* [Supplied material]:
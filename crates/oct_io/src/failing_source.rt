//! Bytes in memory, of which chosen reads fail.
ghost use Rattle.std.specs.Prelude.{◌≡◌, ◌<◌, ◌≤◌, [], Some, drop, length, min, take};
ghost use Rattle.std.specs.Prelude.{IfOk, OnErr, is_err};
ghost use Rattle.oct_io.specs.Counts.{IsReadCounted};
ghost use Rattle.oct_io.specs.Failing.{fails_next, with_call, failed_of};

use crate::calls::{Calls, KeptList};
use crate::file_bytes::FileBytes;
use crate::memory_source::MemorySource;
use crate::source::{Failed, Source};

/// Bytes in memory that are read in pieces of a greatest length, where the reads of some numbers
/// fail.
#[derive(Drop)]
pub struct FailingSource {
    supply: MemorySource,
    calls: Calls,
}

impl FailingSource {
    /// A source of these bytes, of which a read moves `most` at most. The reads that fail are those
    /// whose numbers, from 1 on, are in `fails`.
    pub fn new(bytes: FileBytes, most: usize, fails: KeptList) -> Self
        requires { 0 < most }
        ensures left { result.supply.left ≡ bytes }
        ensures most { result.supply.most ≡ most }
        ensures calls { result.calls ≡ record { fails = fails; count = 0 } }
    {
        FailingSource {
            supply: MemorySource::new(bytes, most),
            calls: Calls::new(fails),
        }
    }
}

impl Source for FailingSource {
    ghost left = { λ s. Some s.supply.left };

    ghost faults = { λ s. failed_of s.calls };

    // It counts none.
    ghost ends = { λ _. 0 };

    /// A read that doesn't fail moves as many as it may: `most`, the length of the buffer, or what
    /// is left, whichever is least. The rest of the buffer stays as it was, and after an error all
    /// of it.
    fn read(&mut self, buffer: &mut [u8]) -> Result<usize, Failed>
        ensures fails { is_err result ≡ fails_next self.old.calls }
        ensures counted { self.new.calls ≡ with_call self.old.calls }
        ensures full { IfOk result (λ n. n
            ≡ min self.old.supply.most (min (length buffer.old) (length self.old.supply.left))) }
        ensures most { self.new.supply.most ≡ self.old.supply.most }
        ensures within { IfOk result (λ n. n ≤ length buffer.old) }
        ensures moved { IfOk result (λ n. self.new.supply.left ≡ drop n self.old.supply.left) }
        ensures bytes { IfOk result (λ n. take n buffer.new ≡ take n self.old.supply.left) }
        ensures rest { IfOk result (λ n. drop n buffer.new ≡ drop n buffer.old) }
        ensures some { IfOk result (λ n. n ≤ length self.old.supply.left) }
        ensures end { IfOk result
            (λ n. n ≡ 0 → 0 < length buffer.old → self.old.supply.left ≡ []) }
        ensures err { OnErr result (self.new.supply.left ≡ self.old.supply.left) }
        ensures unmoved { OnErr result (buffer.new ≡ buffer.old) }
        ensures counts { IsReadCounted result
            (failed_of self.old.calls) (failed_of self.new.calls) }
    {
        if self.calls.next_fails() {
            return Err(Failed);
        }
        self.supply.read(buffer)
    }
}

* [Task brief]:
Repeat every line of the records, exactly as given.

* [Response]:
filename crates/oct_io/src/failing_source.rt
//! Bytes in memory, of which chosen reads fail.
ghost use Rattle.std.specs.Prelude.{◌≡◌, ◌<◌, ◌≤◌, [], Some, drop, length, min, take};
ghost use Rattle.std.specs.Prelude.{IfOk, OnErr, is_err};
ghost use Rattle.oct_io.specs.Counts.{IsReadCounted};
ghost use Rattle.oct_io.specs.Failing.{fails_next, with_call, failed_of};

use crate::calls::{Calls, KeptList};
use crate::file_bytes::FileBytes;
use crate::memory_source::MemorySource;
use crate::source::{Failed, Source};

/// Bytes in memory that are read in pieces of a greatest length, where the reads of some numbers
/// fail.
#[derive(Drop)]
pub struct FailingSource {
    supply: MemorySource,
    calls: Calls,
}

impl FailingSource {
    /// A source of these bytes, of which a read moves `most` at most. The reads that fail are those
    /// whose numbers, from 1 on, are in `fails`.
    pub fn new(bytes: FileBytes, most: usize, fails: KeptList) -> Self
        requires { 0 < most }
        ensures left { result.supply.left ≡ bytes }
        ensures most { result.supply.most ≡ most }
        ensures calls { result.calls ≡ record { fails = fails; count = 0 } }
    {
        FailingSource {
            supply: MemorySource::new(bytes, most),
            calls: Calls::new(fails),
        }
    }
}

impl Source for FailingSource {
    ghost left = { λ s. Some s.supply.left };

    ghost faults = { λ s. failed_of s.calls };

    // It counts none.
    ghost ends = { λ _. 0 };

    /// A read that doesn't fail moves as many as it may: `most`, the length of the buffer, or what
    /// is left, whichever is least. The rest of the buffer stays as it was, and after an error all
    /// of it.
    fn read(&mut self, buffer: &mut [u8]) -> Result<usize, Failed>
        ensures fails { is_err result ≡ fails_next self.old.calls }
        ensures counted { self.new.calls ≡ with_call self.old.calls }
        ensures full { IfOk result (λ n. n
            ≡ min self.old.supply.most (min (length buffer.old) (length self.old.supply.left))) }
        ensures most { self.new.supply.most ≡ self.old.supply.most }
        ensures within { IfOk result (λ n. n ≤ length buffer.old) }
        ensures moved { IfOk result (λ n. self.new.supply.left ≡ drop n self.old.supply.left) }
        ensures bytes { IfOk result (λ n. take n buffer.new ≡ take n self.old.supply.left) }
        ensures rest { IfOk result (λ n. drop n buffer.new ≡ drop n buffer.old) }
        ensures some { IfOk result (λ n. n ≤ length self.old.supply.left) }
        ensures end { IfOk result
            (λ n. n ≡ 0 → 0 < length buffer.old → self.old.supply.left ≡ []) }
        ensures err { OnErr result (self.new.supply.left ≡ self.old.supply.left) }
        ensures unmoved { OnErr result (buffer.new ≡ buffer.old) }
        ensures counts { IsReadCounted result
            (failed_of self.old.calls) (failed_of self.new.calls) }
    {
        if self.calls.next_fails() {
            return Err(Failed);
        }
        self.supply.read(buffer)
    }
}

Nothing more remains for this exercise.